Second, we are making several omics measurements to understand the functional implications of that variant. We’ve introduced the concept of omics quantitative trait loci (oQTL) where we perform quantitative analysis against gene expression, microRNAs, proteins, lipids, and metabolites for a single variant. With this data, we’re able to gain the same insights based on a few hundred patients. For example, our NASH target was identified in just a few months after the data set had been collected and validation was completed at a high statistical significant level in < 500 patients.
Clinical studies are a significant financial investment for drug development. We believe that our panomic approach could reduce the amount of money required to develop new therapies.
"We believe that accurate WGS provides a significant incremental value over genotyping and whole-exome sequencing."
Q: What is the value of WGS in the panomics approach?
SV: We use WGS primarily for genetic target validation. However, we are often able to identify a potential target from the functional nonDNA data generated from our proteomics or gene expression studies. To validate it, we go to the WGS data and look at the gene that encodes that protein or receptor. We then identify the variants within that gene and look for LOF variants associated with the biomarker and phenotype of the disease. We used that approach in identifying the NASH target.
Q: How did you select your omics analysis partners?
SV: When we founded G3, we had two options. One was to buy all the equipment and perform omics measurements in our own lab, or outsource everything to best-in-class providers. After we completed our due diligence, it was clear that the right answer was to outsource.
We selected Illumina FastTrack Sequencing Services to be our WGS service provider. In my previous academic career, I used the iScan System and Infinium genotyping arrays to perform GWAS for cardiovascular disease. I knew that Illumina products were reliable and accurate and that the company provided good support. We believe that accurate WGS provides a significant incremental value over genotyping and whole-exome sequencing.
I had worked successfully with Expression Analysis/IQVIA prior to founding G3. We chose it to perform the other omics studies, some of which are with Illumina products. For example, Expression Analysis is performing RNA- and microRNA-Seq on the HiSeq 4000 System and DNA methylation analysis on the Human Methylation 450K BeadChip.
"The panomic approach accelerates the current time- and cost-intensive process of identifying and validating genetic variants."
Q: What are the next steps for G3?
SV: We’re excited to see what the next few years bring. Just seven years into this journey, we have blood tests coming to market and several drug targets in development. Now that we’ve demonstrated the value of our panomics approach in cardiovascular, cardiometabolic, and liver disease, we’d like to apply it to other disease states. Alzheimer’s disease is of particular interest. It is a multifactorial, multigenic common chronic disease and will require quantitative precision phenotyping, coupled with our panomics approach. We’re seeking partners to study Alzheimer’s disease and other dementias. We would like to take the same approach and apply it to neurodegenerative and musculoskeletal diseases. We would eventually like to initiate projects in oncology as well.

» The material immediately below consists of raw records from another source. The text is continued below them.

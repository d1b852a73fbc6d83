//! A Load and a Store in one piece: what they read or copy is claimed, and where they are the first to claim it, a place is
//! reserved and linked.
ghost use Rattle.std.specs.Prelude.{◌≡◌, ℕ, ◌%◌, ◌<◌, Some, None, IfNone, MatchResult, slice_index};
ghost use Rattle.hk_words.specs.Geometry.{tasks};
ghost use Rattle.hk_words.specs.Row.{IsRegister, place_at, space_at};
ghost use Rattle.hk_words.specs.Calls.{RegistersFit};
ghost use Rattle.hk_words.specs.declared.call.Call.TheVariants.{Load, Store};
ghost use Rattle.hk_words.specs.declared.call.Reply.TheVariants.{Unit};
ghost use Rattle.hk_model.specs.History.{History};
ghost use Rattle.hk_core.specs.State.{flight_of};
ghost use Rattle.hk_core.specs.Begin.{refusal, most_calls};
ghost use Rattle.hk_core.specs.Lawful.{Lawful, IsLawful};
ghost use Rattle.hk_core.specs.Event.{CanFireIf};
ghost use Rattle.hk_core.specs.Fits.{NamesNumber};
ghost use Rattle.hk_core.specs.Whole.{whole, whole_history, EndsAs};
ghost use Rattle.hk_core.specs.Passing.{begins, passed_by, CanPassBy};
ghost use Rattle.hk_core.specs.LinkRows.{ClaimFits, linked_row, ReadFits, item_row, item_read, cycle_read, LoadFits, load_row, cycle_event, seen_row, seen_word, StoreFits, store_row};
ghost use Rattle.hk_core.specs.declared.outcome.Outcome.TheVariants.{Done};

use crate::{Core, Event, Fault, MAX_CALLS, reference_size, reserved_fits};
use hk_words::{ENTER, Geometry, LEAVE, header_place, reference_number, reference_refs, w0_cycle};

impl Core {
    /// A Load in one piece: copies a reference field of the object that a register names into a register.
    pub fn load(&mut self, seat: u8, dest: u8, reg: u8, field: u8) -> Result<(), Fault>
        requires seat { seat < tasks self.old.geometry }
        requires idle { (flight_of self.old.flights seat).place ≡ 0 }
        requires registers { RegistersFit self.old.geometry.registers (Load dest reg field) }
        requires lawful { IsLawful self.old }
        ensures state { self.new ≡ whole self.old seat (Load dest reg field) }
        ensures answer { MatchResult result (λ _. EndsAs self.old seat (Load dest reg field) (Done Unit)) (λ fault. refusal self.old seat (Load dest reg field) ≡ Some fault) }
        ensures lawful { (history : History) → Lawful self.old history → Lawful self.new (whole_history self.old seat (Load dest reg field) history) }
    {
        if let Some(fault) = self.reference_refusal(seat, reg, field) {
            return Err(fault);
        }
        self.load_through(seat, dest, reg, field);
        self.close(seat);
        Ok(())
    }

    /// A Store in one piece: copies a register into a reference field of the object that a register names.
    pub fn store(&mut self, seat: u8, reg: u8, field: u8, from: u8) -> Result<(), Fault>
        requires seat { seat < tasks self.old.geometry }
        requires idle { (flight_of self.old.flights seat).place ≡ 0 }
        requires registers { RegistersFit self.old.geometry.registers (Store reg field from) }
        requires lawful { IsLawful self.old }
        ensures state { self.new ≡ whole self.old seat (Store reg field from) }
        ensures answer { MatchResult result (λ _. EndsAs self.old seat (Store reg field from) (Done Unit)) (λ fault. refusal self.old seat (Store reg field from) ≡ Some fault) }
        ensures lawful { (history : History) → Lawful self.old history → Lawful self.new (whole_history self.old seat (Store reg field from) history) }
    {
        if let Some(fault) = self.reference_refusal(seat, reg, field) {
            return Err(fault);
        }
        self.store_through(seat, reg, field, from);
        self.close(seat);
        Ok(())
    }

    /// The first reason why a Load, or a Store, isn't begun.
    #[tactic(auto, unfolding(crate::specs::Begin::refusal, crate::specs::Begin::entered_word))]
    fn reference_refusal(&self, seat: u8, reg: u8, field: u8) -> Option<Fault>
        requires { IsRegister self.now.geometry seat reg }
        ensures load { (dest : ℕ) → result ≡ refusal self.now seat (Load dest reg field) }
        ensures store { (from : ℕ) → result ≡ refusal self.now seat (Store reg field from) }
        ensures room { IfNone result (slice_index self.now.begun seat < most_calls) }
    {
        let entered = self.register(seat, reg);
        if self.begun[seat as usize] >= MAX_CALLS {
            Some(Fault::Spent)
        } else if entered == 0 {
            Some(Fault::Nil)
        } else if field >= reference_refs(entered) {
            Some(Fault::Field)
        } else {
            None
        }
    }

    /// Claims the object that a reference names, for the cycle of a W0. Where this is the first claim, a place is reserved for
    /// it, and linked where it fits.
    #[tactic(auto, unfolding(crate::specs::LinkRows::linked_row, crate::specs::LinkRows::reserved_row, crate::specs::LinkRows::claimed_row, crate::specs::Step::claim, crate::specs::Step::reserve, crate::specs::Step::link, crate::specs::Event::fired_if, crate::specs::Event::learnt))]
    fn claim_through(&mut self, item: u64, word: u64)
        requires { ClaimFits self.old.geometry self.old.row item word }
        ensures { self.new ≡ record self.old { row = linked_row self.old.geometry self.old.row item word } }
    {
        if item == 0 {
            return;
        }
        let g = self.geometry;
        let cycle = w0_cycle(word);
        let claimed = self.mark_at(reference_number(item));
        let mark = self.fire(Event::Max(claimed, u64::from(cycle)));
        if mark >= u64::from(cycle) {
            return;
        }
        let size = u64::from(reference_size(item));
        let offset = self.fire(Event::Add(g.w1_at(), size));
        if reserved_fits(&g, offset, item) {
            let word = link_at(&g, cycle, offset as u32);
            self.fire(Event::Write(word, item));
        }
    }

    /// The first places of a Load: its frame and the object are entered, W0 is loaded, and the cell is read. What the cell
    /// and W0 were.
    #[tactic(auto, unfolding(crate::specs::WholeRows::framed_row, crate::specs::LinkRows::entered_row, crate::specs::LinkRows::cell_of, crate::specs::LinkRows::cycle_row, crate::specs::LinkRows::cycle_read, crate::specs::LinkRows::item_row, crate::specs::LinkRows::item_read))]
    fn read_through(&mut self, seat: u8, entered: u64, field: u8) -> (u64, u64)
        requires seat { seat < tasks self.old.geometry }
        requires fits { ReadFits self.old.geometry self.old.row seat entered field }
        ensures row { self.new ≡ record self.old { row = item_row self.old.geometry self.old.row seat entered field } }
        ensures item { result.0 ≡ item_read self.old.geometry self.old.row seat entered field }
        ensures cycle { result.1 ≡ cycle_read self.old.geometry self.old.row seat entered }
    {
        let frame = self.frame_at(seat);
        let head = self.header_at(reference_number(entered));
        let w0 = self.geometry.w0_at();
        self.fire(Event::Add(frame, ENTER));
        let at = header_place(self.fire(Event::Add(head, ENTER)));
        let word = self.fire(Event::Load(w0));
        let cell = self.space_at(at + 1 + u32::from(field));
        let item = self.fire(Event::Load(cell));
        (item, word)
    }

    /// The places of a Load.
    fn load_through(&mut self, seat: u8, dest: u8, reg: u8, field: u8)
        requires dest { IsRegister self.old.geometry seat dest }
        requires register { IsRegister self.old.geometry seat reg }
        requires places { CanPassBy 10 self.old.geometry (begins self.old seat (Load dest reg field)) }
        ensures { self.new ≡ record self.old { row = (passed_by 10 self.old.geometry (begins self.old seat (Load dest reg field))).row } }
    {
        let entered = self.register(seat, reg);
        let read = self.read_through(seat, entered, field);
        self.write_through(seat, dest, entered, read.0, read.1);
    }

    /// The other places of a Load: what it has read is claimed, the register is written, and the object and the frame are left.
    #[tactic(auto, unfolding(crate::specs::LinkRows::loaded_row, crate::specs::LinkRows::load_row))]
    fn write_through(&mut self, seat: u8, dest: u8, entered: u64, item: u64, word: u64)
        requires dest { IsRegister self.old.geometry seat dest }
        requires number { NamesNumber self.old.geometry entered }
        requires fits { LoadFits self.old.geometry self.old.row seat dest entered item word }
        ensures { self.new ≡ record self.old { row = load_row self.old.geometry self.old.row seat dest entered item word } }
    {
        let register = self.register_at(seat, dest);
        let head = self.header_at(reference_number(entered));
        let frame = self.frame_at(seat);
        self.claim_through(item, word);
        self.fire(Event::Write(register, item));
        self.fire(Event::Sub(head, LEAVE));
        self.fire(Event::Sub(frame, LEAVE));
    }

    /// The places of a Store.
    fn store_through(&mut self, seat: u8, reg: u8, field: u8, from: u8)
        requires register { IsRegister self.old.geometry seat reg }
        requires source { IsRegister self.old.geometry seat from }
        requires places { CanPassBy 7 self.old.geometry (begins self.old seat (Store reg field from)) }
        ensures { self.new ≡ record self.old { row = (passed_by 7 self.old.geometry (begins self.old seat (Store reg field from))).row } }
    {
        let entered = self.register(seat, reg);
        let item = self.register(seat, from);
        self.copy_through(entered, field, item);
    }

    /// The places of a Store of a reference, through the object that another one names.
    #[tactic(auto, unfolding(crate::specs::WholeRows::inside_row, crate::specs::LinkRows::cell_inside, crate::specs::LinkRows::seen_row, crate::specs::LinkRows::seen_word, crate::specs::LinkRows::stored_row, crate::specs::LinkRows::store_row, crate::specs::Event::fired_if, crate::specs::Event::learnt))]
    fn copy_through(&mut self, entered: u64, field: u8, item: u64)
        requires { StoreFits self.old.geometry self.old.row entered field item }
        ensures { self.new ≡ record self.old { row = store_row self.old.geometry self.old.row entered field item } }
    {
        let head = self.header_at(reference_number(entered));
        let at = header_place(self.fire(Event::Add(head, ENTER)));
        let cell = self.space_at(at + 1 + u32::from(field));
        let word = self.cycle_for(item);
        self.claim_through(item, word);
        self.fire(Event::Write(cell, item));
        self.fire(Event::Sub(head, LEAVE));
    }

    /// Loads W0 where a reference isn't null. What it was, and 0 where it wasn't loaded.
    #[tactic(auto, unfolding(crate::specs::LinkRows::seen_row, crate::specs::LinkRows::seen_word, crate::specs::Step::load_w0, crate::specs::Event::fired_if, crate::specs::Event::learnt))]
    pub(crate) fn cycle_for(&mut self, item: u64) -> u64
        requires { CanFireIf self.old.row (cycle_event self.old.geometry item) }
        ensures row { self.new ≡ record self.old { row = seen_row self.old.geometry self.old.row item } }
        ensures word { result ≡ seen_word self.old.geometry self.old.row item }
    {
        if item == 0 {
            return 0;
        }
        let w0 = self.geometry.w0_at();
        self.fire(Event::Load(w0))
    }
}

/// The index of the word at an offset of the space of a cycle.
pub(crate) fn link_at(g: &Geometry, cycle: u32, offset: u32) -> u32
    requires { offset < g.now.live }
    ensures { result ≡ space_at g.now (place_at g.now (cycle % 2) offset) }
{
    g.space_at(g.place_at(space_of(cycle), offset))
}

/// The space of a cycle.
fn space_of(cycle: u32) -> u8
    ensures space { result ≡ cycle % 2 }
    ensures small { result < 2 }
{
    (cycle % 2) as u8
}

Q: How could the G3 approach impact health care?
SV: The 1990s and early 2000s were an era of population-based, guideline-driven medicine. We hope our approach is instrumental in transitioning to a molecular profile—driven, individualized approach. Our vision is that when physicians walk into an exam room in the future, our approach will enable them to review the patient’s profile and molecular fingerprint, and prescribe a personalized therapy for the patient sitting across from them.